Segment Start: Data shown

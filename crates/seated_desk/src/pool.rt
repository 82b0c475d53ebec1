//! A pool: its allocators that no thread holds.
ghost use Rattle.std.specs.Prelude.{◌≡◌, ◌≤◌, [], IfOk, length};
ghost use Rattle.region_cut.specs.Limits.{chunk_limit};
ghost use Rattle.chunk_stock.specs.Rule.{AreNumbered};
ghost use Rattle.seated_desk.specs.Answers.{answer_of};
ghost use Rattle.seated_desk.specs.Shelves.{Closes, HandsOut, Opens, TakesBack};
ghost use Rattle.seated_desk.specs.Stats.{TellsPoolStat};

use crate::allocator_handle::AllocatorHandle;
use crate::opening::{Profile, stations};
use crate::refusal::{Refusal, answer};
use crate::settled::{judge, settle};
use crate::station::Station;
use chunk_stock::drawers;
use digit_route::Digits;
use region_cut::{CutError, Part, cut};
use slot_audit::Fault;
use slot_chain::NoMemory;
use std::alloc::Global;
use std::mem;

// The greatest limit of a cache, in bytes.
const LARGEST_LIMIT: u64 = 1048576;

// What a fault's number is added to.
const FAULTS_FROM: u32 = 100;

/// A pool: its allocators that no thread holds, and what its last audit said.
///
/// Calls on a pool are made one at a time. Each answers 0, or the number of a [`Refusal`].
#[derive(Drop)]
pub struct Pool<'r> {
    pub(crate) alloc: Global,
    pub(crate) shelf: Vec<Station<'r>>,
    pub(crate) allocators: u16,
    // By which its allocators and buffers know it.
    pub(crate) number: u64,
    // The slot that the last audit named: its chunk times 256, and its index.
    pub(crate) fault: u64,
}

// The chunks of a region: from 1 to 1,024.
fn parts_of<'r>(alloc: Global, region: &'r mut [u8]) -> Result<Vec<Part<'r>>, Refusal>
    ensures { IfOk result (λ parts. AreNumbered parts.items × (length parts.items ≤ chunk_limit)) }
{
    match cut(alloc, region) {
        Ok(parts) if !parts.is_empty() => Ok(parts),
        Err(CutError::NoMemory) => Err(Refusal::NoMemory),
        _ => Err(Refusal::BadArgument),
    }
}

// Which slot a fault names: its chunk times 256, and its index.
fn slot_named(fault: Fault) -> u64 {
    match fault {
        Fault::Stranger(slot) | Fault::Doubled(slot) | Fault::Missing(slot) => {
            slot.chunk as u64 * 256 + slot.index as u64
        }
        Fault::NoMemory => 0,
    }
}

impl<'r> Pool<'r> {
    /// A pool that is not open. Its memory will come from the C library.
    pub fn new(alloc: Global) -> Pool<'r>
        ensures { (result.allocators ≡ 0) × (result.shelf.items ≡ []) × (result.number ≡ 0) × (result.fault ≡ 0) }
    {
        Pool {
            alloc,
            shelf: Vec::new(alloc),
            allocators: 0,
            number: 0,
            fault: 0,
        }
    }

    /// Opens the pool over a region, which is cut into chunks of 4,096 bytes, with 1 to 64 allocators. Their numbers are
    /// read in digits of `bits` bits, 1 to 6. Each posts what it cached once that is more than `limit` bytes, of which
    /// 1,048,576 are the most. `number` is the pool's own: by it an allocator tells a buffer of another pool.
    /// `Holds` where it is open, `BadArgument`, or `NoMemory`.
    ///
    /// It takes memory for 16 nodes for each two allocators, some 100 bytes each.
    pub fn open(
        &mut self,
        region: &'r mut [u8],
        allocators: u32,
        bits: u32,
        limit: u64,
        number: u64,
    ) -> u32
        ensures { Opens number result self.old self.new }
    {
        answer(self.open_over(region, allocators, bits, limit, number))
    }

    fn open_over(
        &mut self,
        region: &'r mut [u8],
        allocators: u32,
        bits: u32,
        limit: u64,
        number: u64,
    ) -> Result<(), Refusal>
        ensures { Opens number (answer_of result) self.old self.new }
    {
        if self.allocators > 0 {
            return Err(Refusal::Holds);
        }
        if allocators < 1 || allocators > 64 || limit > LARGEST_LIMIT {
            return Err(Refusal::BadArgument);
        }
        let Some(digits) = Digits::new(bits) else {
            return Err(Refusal::BadArgument);
        };
        let parts = parts_of(self.alloc, region)?;
        let Ok(drawers) = drawers(self.alloc, parts, allocators as usize) else {
            return Err(Refusal::NoMemory);
        };
        let desks = allocators as u16;
        let profile = Profile {
            pool: number,
            digits,
            limit,
        };
        let Ok(shelf) = stations(self.alloc, profile, drawers, desks) else {
            return Err(Refusal::NoMemory);
        };
        self.shelf = shelf;
        self.allocators = desks;
        self.number = number;
        Ok(())
    }

    /// Hands an allocator out, into a handle that is not attached: `Holds`, or `Empty` where all are out.
    pub fn attach(&mut self, allocator: &mut AllocatorHandle<'r>) -> u32
        ensures { HandsOut result self.old self.new allocator.old allocator.new }
    {
        if allocator.station.is_some() {
            return Refusal::Holds.number();
        }
        match self.shelf.pop() {
            Some(station) => {
                allocator.station = Some(station);
                0
            }
            None => Refusal::Empty.number(),
        }
    }

    /// Takes an allocator back, once it has taken what came and posted what it can: `Empty` where the handle is not
    /// attached, `Stranger` where it is another pool's.
    pub fn detach(&mut self, allocator: &mut AllocatorHandle<'r>) -> u32
        ensures { TakesBack result self.old self.new allocator.old allocator.new }
    {
        let Some(held) = &allocator.station else {
            return Refusal::Empty.number();
        };
        if held.pool != self.number || self.shelf.len() >= self.allocators as usize {
            return Refusal::Stranger.number();
        }
        let Some(mut station) = mem::replace(&mut allocator.station, None) else {
            return Refusal::Empty.number();
        };
        station.take();
        station.post();
        match self.shelf.push(station) {
            Ok(()) => 0,
            Err(failed) => {
                allocator.station = Some(failed.value);
                Refusal::NoMemory.number()
            }
        }
    }

    /// Ends the pool, once all its allocators are back: what was freed goes home, and an audit says whether each slot of
    /// each chunk that was drawn is there, once. `Empty` where it is not open, `Full` where an allocator is out. Else
    /// the pool is closed: 0 where nothing is wrong, and 100 with the fault's number where something is.
    pub fn close(&mut self) -> u32
        ensures { Closes result self.old self.new }
    {
        if self.allocators == 0 {
            return Refusal::Empty.number();
        }
        if self.shelf.len() < self.allocators as usize {
            return Refusal::Full.number();
        }
        settle(self.shelf.as_mut_slice());
        let outcome = judge(self.alloc, self.shelf.as_slice());
        self.shelf = Vec::new(self.alloc);
        self.allocators = 0;
        match outcome {
            Ok(()) => 0,
            Err(fault) => {
                self.fault = slot_named(fault);
                fault.number() + FAULTS_FROM
            }
        }
    }

    /// A number about the pool: 0 its allocators, 1 those that are here, 2 the slot that the last fault named, as 256
    /// times its chunk and its index. The greatest number for any other `which`.
    pub fn stat(&mut self, which: u32) -> u64
        ensures { TellsPoolStat which result self.old self.new }
    {
        match which {
            0 => self.allocators as u64,
            1 => self.shelf.len() as u64,
            2 => self.fault,
            _ => u64::MAX,
        }
    }
}
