//! Where a program in C keeps a burst: buffers of one allocator that are handed over and freed as a whole.
ghost use Rattle.std.specs.Prelude.{◌≡◌, None};
ghost use Rattle.seated_desk.specs.Answers.{answer_of};
ghost use Rattle.seated_desk.specs.Bursts.{PutsIn, TakesLast, TellsCount, TellsSpan};

use crate::buf_handle::BufHandle;
use crate::refusal::{Refusal, answer};
use crate::span::Span;
use slot_chain::BufParcel;

/// A handle, which holds one parcel of buffers or none.
#[derive(Drop)]
pub struct BurstHandle<'r> {
    // The number of the buffers' pool.
    pub(crate) pool: u64,
    pub(crate) parcel: Option<BufParcel<'r>>,
}

impl<'r> BurstHandle<'r> {
    /// A handle that holds none.
    pub fn new() -> BurstHandle<'r>
        ensures { result.parcel ≡ None }
    {
        BurstHandle {
            pool: 0,
            parcel: None,
        }
    }

    /// How many buffers the burst has; 0 where it is not open.
    pub fn len(&mut self) -> u64
        ensures { TellsCount result self.old self.new }
    {
        match &self.parcel {
            Some(parcel) => parcel.len() as u64,
            None => 0,
        }
    }

    /// Puts the handle's buffer to the end. `Empty` where the burst is not open or the handle holds none, `Stranger`
    /// where the buffer is another allocator's or another pool's, `Full` where no place is left.
    pub fn push(&mut self, handle: &mut BufHandle<'r>) -> u32
        ensures { PutsIn result self.old self.new handle.old handle.new }
    {
        answer(self.pack(handle))
    }

    fn pack(&mut self, handle: &mut BufHandle<'r>) -> Result<(), Refusal>
        ensures { PutsIn (answer_of result) self.old self.new handle.old handle.new }
    {
        let Some(parcel) = &mut self.parcel else {
            return Err(Refusal::Empty);
        };
        let Some(held) = &handle.buf else {
            return Err(Refusal::Empty);
        };
        if handle.pool != self.pool || held.owner() != parcel.owner() {
            return Err(Refusal::Stranger);
        }
        if parcel.is_full() {
            return Err(Refusal::Full);
        }
        let Some(buf) = handle.take() else {
            return Err(Refusal::Empty);
        };
        match parcel.push(buf) {
            Ok(()) => Ok(()),
            Err(_) => unreachable!(),
        }
    }

    /// Takes the last buffer out, into a handle that holds none. `Holds` where it holds one, `Empty` where the burst
    /// has none.
    pub fn pop(&mut self, handle: &mut BufHandle<'r>) -> u32
        ensures { TakesLast result self.old self.new handle.old handle.new }
    {
        answer(self.unpack(handle))
    }

    fn unpack(&mut self, handle: &mut BufHandle<'r>) -> Result<(), Refusal>
        ensures { TakesLast (answer_of result) self.old self.new handle.old handle.new }
    {
        if handle.buf.is_some() {
            return Err(Refusal::Holds);
        }
        let Some(parcel) = &mut self.parcel else {
            return Err(Refusal::Empty);
        };
        let Some(buf) = parcel.pop() else {
            return Err(Refusal::Empty);
        };
        *handle = BufHandle::of(buf, self.pool);
        Ok(())
    }

    /// Tells where the bytes of the buffer at this place lie, counted from 0. `Empty` where there is none.
    pub fn span(&mut self, span: &mut Span, index: usize) -> u32
        ensures { TellsSpan index result self.old self.new span.old span.new }
    {
        let Some(parcel) = &self.parcel else {
            return Refusal::Empty.number();
        };
        let Some(buf) = parcel.buffers().get(index) else {
            return Refusal::Empty.number();
        };
        *span = Span::of(buf);
        0
    }
}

Segment End: Data shown

Wherever the string "times" appears in the data above, report the whole line.

### Response to this task
    // The slot that the last audit named: its chunk times 256, and its index.
// Which slot a fault names: its chunk times 256, and its index.
    /// times its chunk and its index. The greatest number for any other `which`.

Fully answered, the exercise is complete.